Role of fibrosis in hypertrophic cardiomyopathy

Foci of late gadolinium enhancement (LGE) in HCM usually occur in areas of maximal hypertrophy or right ventricle-left ventricle insertion points and have been correlated with the area of interstitial expansion due to myocardial fibrosis [28,29]. Patients with HCM with evidence of LGE on CMR imaging tend to have more markers of risk of SCD, such as non-sustained ventricular tachycardia (NSVT), on Holter monitoring than patients without LGE [30]. However, available data are currently insufficient to consider LGE as an independent risk marker of SCD in HCM.
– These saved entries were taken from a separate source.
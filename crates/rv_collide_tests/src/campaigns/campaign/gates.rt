//! A gate that holds a worker up till others have come, and one that shuts and counts.
ghost use Rattle.std.specs.Prelude.{◌≡◌, IfErr};

use rv_drive::gate::Gate;
use std::alloc::{AllocError, Global};
use std::sync::atomic::{AtomicU64, Ordering};
use std::thread::yield_now;

/// How often a gate looks before it gives up.
const LOOKS: u32 = 1_000_000;

/// What a gate refuses with: the worker, and how often it came.
#[derive(Clone, Copy, Debug, Drop, PartialEq, Eq)]
pub struct Shut {
    pub worker: u8,
    pub calls: u64,
}

/// Whether a count reaches a number, where other threads run between looks.
fn reaches(count: &AtomicU64, number: u64) -> bool {
    for _ in 0..LOOKS {
        if count.load(Ordering::SeqCst) >= number {
            return true;
        }
        yield_now();
    }
    false
}

/// Adds one to a worker's count, and answers how many there are.
fn count(counts: &[AtomicU64], worker: u8) -> u64 {
    match counts.get(usize::from(worker)) {
        Some(count) => count.fetch_add(1, Ordering::SeqCst).saturating_add(1),
        None => 0,
    }
}

fn zeros(alloc: Global, workers: u8) -> Result<Vec<AtomicU64>, AllocError> {
    let mut counts = Vec::new(alloc);
    for _ in 0..workers {
        counts.push(AtomicU64::new(0))?;
    }
    Ok(counts)
}

fn numbers(alloc: Global, counts: &[AtomicU64]) -> Result<Vec<u64>, AllocError> {
    let mut numbers = Vec::new(alloc);
    for count in counts {
        numbers.push(count.load(Ordering::SeqCst))?;
    }
    Ok(numbers)
}

/// Lets a worker's n-th call in once each worker has called n times.
#[derive(Drop)]
pub struct Meets {
    counts: Vec<AtomicU64>,
}

impl Meets {
    pub fn new(alloc: Global, workers: u8) -> Result<Meets, AllocError> {
        Ok(Meets {
            counts: zeros(alloc, workers)?,
        })
    }

    fn all_reach(&self, number: u64) -> bool {
        for count in self.counts.as_slice() {
            if !reaches(count, number) {
                return false;
            }
        }
        true
    }
}

impl Gate for Meets {
    type Shut = Shut;

    ghost shuts = { λ worker shut. shut.worker ≡ worker };

    fn enter(&self, worker: u8) -> Result<(), Shut>
        ensures { IfErr result (λ shut. shut.worker ≡ worker) }
    {
        let calls = count(&self.counts, worker);
        if self.all_reach(calls) {
            return Ok(());
        }
        Err(Shut { worker, calls })
    }

    fn leave(&self, _worker: u8) {}
}

/// Refuses one worker's call of a number, and counts the calls that were let in and those that have left, of each
/// worker.
#[derive(Drop)]
pub struct Shuts {
    worker: u8,
    call: u64,
    came: Vec<AtomicU64>,
    left: Vec<AtomicU64>,
}

impl Shuts {
    pub fn new(alloc: Global, workers: u8, worker: u8, call: u64) -> Result<Shuts, AllocError> {
        Ok(Shuts {
            worker,
            call,
            came: zeros(alloc, workers)?,
            left: zeros(alloc, workers)?,
        })
    }

    /// How often each worker came, the refused call too.
    pub fn came(&self, alloc: Global) -> Result<Vec<u64>, AllocError> {
        numbers(alloc, &self.came)
    }

    /// How often each worker has left.
    pub fn left(&self, alloc: Global) -> Result<Vec<u64>, AllocError> {
        numbers(alloc, &self.left)
    }
}

impl Gate for Shuts {
    type Shut = Shut;

    ghost shuts = { λ worker shut. shut.worker ≡ worker };

    fn enter(&self, worker: u8) -> Result<(), Shut>
        ensures { IfErr result (λ shut. shut.worker ≡ worker) }
    {
        let calls = count(&self.came, worker);
        if worker == self.worker && calls == self.call {
            return Err(Shut { worker, calls });
        }
        Ok(())
    }

    fn leave(&self, worker: u8) {
        count(&self.left, worker);
    }
}
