//! Ranges of bytes, so kept that a look-up is two searches by halves.
ghost use Rattle.std.specs.Prelude.{◌≡◌, [], map, IfOk, nat_le, nat_lt};
ghost use Rattle.std.specs.List.{count_by, filter, list_any};
ghost use Rattle.rv_prune.specs.Class as spec;
ghost use Rattle.rv_prune.specs.Ranges as ranges;
ghost use Rattle.rv_prune.specs.internal.Bounds as bounds;

use rv_hart::access::Access;
use rv_memory::store::NoMemory;
use std::alloc::{AllocError, Global};
use std::marker::Model;

/// Ranges of bytes, of each the address of its first byte and its size; one of size 0 is touched by nothing. Beside
/// them stand the starts and the ends of all others, each in ascending order: a range is touched by an access where it
/// begins before the access ends and has not ended before it, so that the two are counted.
#[derive(Drop)]
pub struct NamedBytes {
    listed: Vec<(u32, u32)>,
    starts: Vec<u64>,
    ends: Vec<u64>,
}

impl Model for NamedBytes {
    ghost use Rattle.std.specs.Prelude.{ℕ, List};
    ghost use Rattle.rv_prune.specs.internal.Bounds.{AreBounds};

    ghost Value = { List (ℕ × ℕ) };

    ghost view = { λ b. b.listed.items };

    ghost invariant = { λ b. AreBounds b.listed.items b.starts.items b.ends.items };
}

impl NamedBytes {
    /// These ranges.
    pub fn of(alloc: Global, listed: Vec<(u32, u32)>) -> Result<NamedBytes, NoMemory>
        ensures { IfOk result (λ bytes. bytes ≡ listed.items) }
    {
        let mut starts = starts_of(alloc, &listed)?;
        let mut ends = ends_of(alloc, &listed)?;
        starts.sort_unstable();
        ends.sort_unstable();
        Ok(NamedBytes {
            listed,
            starts,
            ends,
        })
    }

    /// How many ranges begin before a place.
    fn begun(&self, place: u64) -> usize
        ensures { result ≡ count_by (λ start. nat_lt start place) (bounds.starts self.now) }
    {
        self.starts.partition_point(|start| *start < place)
    }

    /// How many ranges have ended at a place.
    fn ended(&self, place: u64) -> usize
        ensures { result ≡ count_by (λ end. nat_le end place) (bounds.ends self.now) }
    {
        self.ends.partition_point(|end| *end <= place)
    }

    /// Whether the byte at the address is in a range. It takes no memory.
    pub fn has(&self, address: u32) -> bool
        ensures { result ≡ list_any (ranges.has_at address) self.now }
    {
        let place = u64::from(address);
        self.ended(place) < self.begun(place + 1)
    }

    /// Whether the access has a byte of a range. It takes no memory.
    pub fn is_touched(&self, access: &Access) -> bool
        ensures { result ≡ list_any (spec.touches access.now) self.now }
    {
        let first = u64::from(access.first);
        let end = first + u64::from(access.size);
        first < end && self.ended(first) < self.begun(end)
    }
}

/// The starts of the ranges that have a byte.
fn starts_of(alloc: Global, listed: &[(u32, u32)]) -> Result<Vec<u64>, AllocError>
    ensures { IfOk result (λ starts. starts.items ≡ bounds.starts listed.now) }
{
    listed
        .iter()
        .filter(|range| range.1 > 0)
        .map(|range| u64::from(range.0))
        .collect(alloc)
}

/// Their ends.
fn ends_of(alloc: Global, listed: &[(u32, u32)]) -> Result<Vec<u64>, AllocError>
    ensures { IfOk result (λ ends. ends.items ≡ bounds.ends listed.now) }
{
    listed
        .iter()
        .filter(|range| range.1 > 0)
        .map(|range| u64::from(range.0) + u64::from(range.1))
        .collect(alloc)
}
T1 mapping in hypertrophic cardiomyopathy

LGE imaging has become the gold standard technique for imaging focal myocardial fibrosis in non-ischemic cardiomyopathy [31] but not diffuse fibrosis, as there are no reference regions of normal myocardium [32]. The recent development technique of T1 mapping, typically performed after gadolinium-based contrast agent administration, has proved useful in demonstrating expanded extracellular volume in HCM and showed good correlation with fibrosis on histopathology [33], a technique known as “non-invasive myocardial biopsy”. Given the prognostic data available in HCM for the evaluation of focal fibrosis with LGE, it is likely that T1 mapping may provide additional prognostic value in this disease as it reflects both focal and diffuse fibrosis [34].

Conclusions

Several issues in the management of HCM patients had changed since the updates of the 2011 guideline. Despite new advances in our pathophysiological understanding of HCM in recent years, their impact on clinical management strategies has been limited. Genetic testing can be a helpful tool to identify individuals at risk for developing disease or to clarify ambiguous diagnoses but needs to be approached and interpreted properly. The new SCD risk prediction model has been developed and validated. The emerging role of CMR was convincing in defining cardiac anatomy and physiology, but again the outcomes studies are still needed.